Work instruction
Copy verbatim the block of lines in the entries below whose first line contains "system.new ≡ record" and whose last line contains "fn is_dead(state: Option<State>) -> bool". Leave out all other lines.

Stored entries
"""
//! The system behind its lock.
ghost use Rattle.std.specs.Prelude.{◌≡◌, ◌≤◌, ℕ, true, false, not, [], ◌∷◌, Option as OptionOf, Some, None, Err, OnOk, OnErr, IfOk, IfErr, IfSome, IsOk, IsErrOf, IsSomeAnd, length, replicate};
ghost use Rattle.std.specs.FinMap as map;
ghost use Rattle.dali_geometry.specs.Places.{regions};
ghost use Rattle.dali_record.specs.declared.records.Record.TheVariants.{Begin, Done, Commit, Ended, AuditBegin};
ghost use Rattle.dali_record.specs.declared.records.Answer.{Answer as AnswerOf};
ghost use Rattle.dali_record.specs.Legal.{dead_of};
ghost use Rattle.dali_record.specs.Spelling.{record_length};
ghost use Rattle.dali_locks.specs.Locks.{IsAnswer};
ghost use Rattle.dali_att.specs.Table.{undos_at};
ghost use Rattle.dali_att.specs.declared.state.State.TheVariants.{Live, Dead, Cleaning as IsCleaning};
ghost use Rattle.dali_runs.specs.State.{state_of};
ghost use Rattle.dali_runs.specs.Steps.{begun, done_logged, commit_logged, ended_logged, audit_begun, audit_ended, audit_record, in_state, in_checkpoint};
ghost use Rattle.dali_runs.specs.Keeps.{moves_to};
ghost use Rattle.dali_runs.specs.Courses.{Begins, Answers, Commits, Ends, AuditBegins, AuditEnds, Claims as ClaimsIt, GivesBack as GivesItBack};
ghost use Rattle.dali_crash.specs.Checkpoints.{Does, Starts, Finishes};
ghost use Rattle.dali_transcripts.specs.Words.{StoppedBy, Full, UnderWay};
ghost use Rattle.dali_transcripts.specs.World.{Logs, Claims, GivesBack, StartsCheckpoint, EndsCheckpoint, Meets, is_dead_in, is_claimed_in};
ghost use Rattle.dali_notes.specs.History.{Added, AllMay, MayAdd};
ghost use Rattle.dali_concurrent.specs.Entries.{Did, system_note};
ghost use Rattle.dali_concurrent.specs.Told.{Leaves, OnSystem};
ghost use Rattle.dali_concurrent.specs.Kept.{SystemTold};
ghost use Rattle.dali_concurrent.specs.Stages.{Started};
ghost use Rattle.dali_system.specs.Refused.{refusal, stop_refusal};
ghost use Rattle.dali_system.specs.Audits.{audit_refusal};
ghost use Rattle.dali_system.specs.Asked.{after_request};
ghost use Rattle.dali_system.specs.Served.{promised_for};
ghost use Rattle.dali_system.specs.Promised.{promised_to, used};
ghost use Rattle.dali_system.specs.declared.want.Want.TheVariants.{Done as AnswerIsNext};
ghost use Rattle.dali_system.specs.declared.error.SystemError.TheVariants.{OutOfMemory as Memory, LogFull};
ghost use Rattle.dali_audit.specs.Findings.{AllPassed, damaged};
ghost use Rattle.dali_audit.specs.declared.audit.Finding.TheVariants.{Waiting};
ghost use Rattle.dali_calls.specs.Steps.{call_key, answer_of};
ghost use Rattle.dali_calls.specs.Plans.{mode_of, want_of, answered};
ghost use Rattle.dali_calls.specs.Stepwise.Stepwise.{IsNew};
ghost use Rattle.dali_locked.specs.Begun.{FromEach, Led, Of, may_add};
ghost use Rattle.dali_locked.specs.Sights.{HasLogged, Knows};
ghost use Rattle.dali_locked.specs.SystemSteps.{Resting, Asking, Driving, GoesOn, HasJust, Keeps, Takes, TakesClaim, LetsGo, LetsClaim, StaysAll, StaysBut, Settling, MayEnd, HasGone, Auditing, PassesTold, Cleaning, MayGiveBack, NotChecking, Checking, BothTell, IsTold};
ghost use Rattle.dali_locked.specs.Dying.{IsIdle};
ghost use Rattle.dali_locked.specs.HeadKept.{HasStage};
ghost use Rattle.dali_locked.specs.declared.error.LockedError.TheVariants.{System as BySystem, Unfit};

use crate::client::ClientNote;
use crate::error::LockedError;
use crate::history::{Beginning, Home, Mark, OfRound};
use dali_att::State;
use dali_audit::{Audit, Verdict};
use dali_calls::Plan;
use dali_locks::{LockAnswer, Mode};
use dali_notes::{Note, Notes, Tells};
use dali_record::{Answer, Pending};
use dali_region::Receipt;
use dali_runs::{Cause, Refusal};
use dali_system::{NotDead, System, SystemError};
use std::alloc::Global;
use std::marker::{Brand, Model, PhantomData};

/// The system, with its note.
#[derive(Drop)]
pub struct LockedSystem<B: Beginning, H: Home> {
    pub(crate) system: System,
    pub(crate) note: Note<Mark, OfRound<B>>,
    pub(crate) home: PhantomData<H>,
}

impl<B: Beginning, H: Home> Model for LockedSystem<B, H> {
    ghost use Rattle.std.specs.Coded.{codes};
    ghost use Rattle.std.specs.Prelude.{◌≡◌};
    ghost use Rattle.dali_system.specs.Coded.{system_code};
    ghost use Rattle.dali_system.specs.Served.{served_code};
    ghost use Rattle.dali_concurrent.specs.Entries.{system_note};
    ghost use Rattle.dali_concurrent.specs.Kept.{SystemTold};
    ghost use Rattle.dali_locked.specs.Begun.{Led, Of};
    ghost use Rattle.dali_locked.specs.Sights.{SystemSight};

    ghost Value = { SystemSight };

    ghost coded = { Prim.hlevel (codes, system_code, served_code) };

    ghost view = { λ l. record { served = l.system; seen = l.note.seen } };

    ghost invariant = { λ l. (l.note.table ≡ H.table) × (l.note.number ≡ system_note) × Led B.begun l.note.seen
        × Of B.begun (λ o T. SystemTold o l.system.state T) l.note.seen };
}

// What client and system tell of a step. Each call picks it.
trait Chosen {
    ghost use Rattle.dali_concurrent.specs.Told.{Item};

    ghost item: { Item };
}

impl Chosen for Brand {
    ghost use Rattle.dali_locked.specs.Begun.{no_item};

    ghost item = { no_item };
}

struct OfChoice<C> {
    of: PhantomData<C>,
}

impl<X, C: Chosen> Tells<X, Mark> for OfChoice<C> {
    ghost entry = { λ x. C.item };
}

// Client and system tell what was done to the system, which is picked by the client, by what the step shows and by the system behind it.
fn tell<B: Beginning, X, C: Chosen>(
    notes: &Notes<Mark, OfRound<B>>,
    client: &mut Note<Mark, OfRound<B>>,
    system: &mut Note<Mark, OfRound<B>>,
    id: u32,
    about: &X,
    after: &System,
)
    requires tables { (client.old.table ≡ notes.now.table) × (system.old.table ≡ notes.now.table) }
    requires may { MayAdd (may_add B.begun) (client.old ∷ system.old ∷ []) C.item }
    ensures client { (client.new.number ≡ client.old.number) × (client.new.table ≡ client.old.table) }
    ensures system { system.new ≡ record system.old { seen = client.new.seen } }
    ensures added { Added (client.old ∷ system.old ∷ []) C.item client.new.seen }
    ensures all { AllMay (may_add B.begun) client.new.seen }
{
    let _ = id;
    let _ = after;
    notes.add_both::<X, OfChoice<C>>(client, system, about);
}

// Whether the client is dead of the transaction that stands so.
fn is_dead(state: Option<State>) -> bool
    ensures { result ≡ is_dead_in state }
{
    matches!(state, Some(State::Dead { .. }))
}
"""
Answer box
    ensures system { system.new ≡ record system.old { seen = client.new.seen } }
    ensures added { Added (client.old ∷ system.old ∷ []) C.item client.new.seen }
    ensures all { AllMay (may_add B.begun) client.new.seen }
{
    let _ = id;
    let _ = after;
    notes.add_both::<X, OfChoice<C>>(client, system, about);
}

// Whether the client is dead of the transaction that stands so.
fn is_dead(state: Option<State>) -> bool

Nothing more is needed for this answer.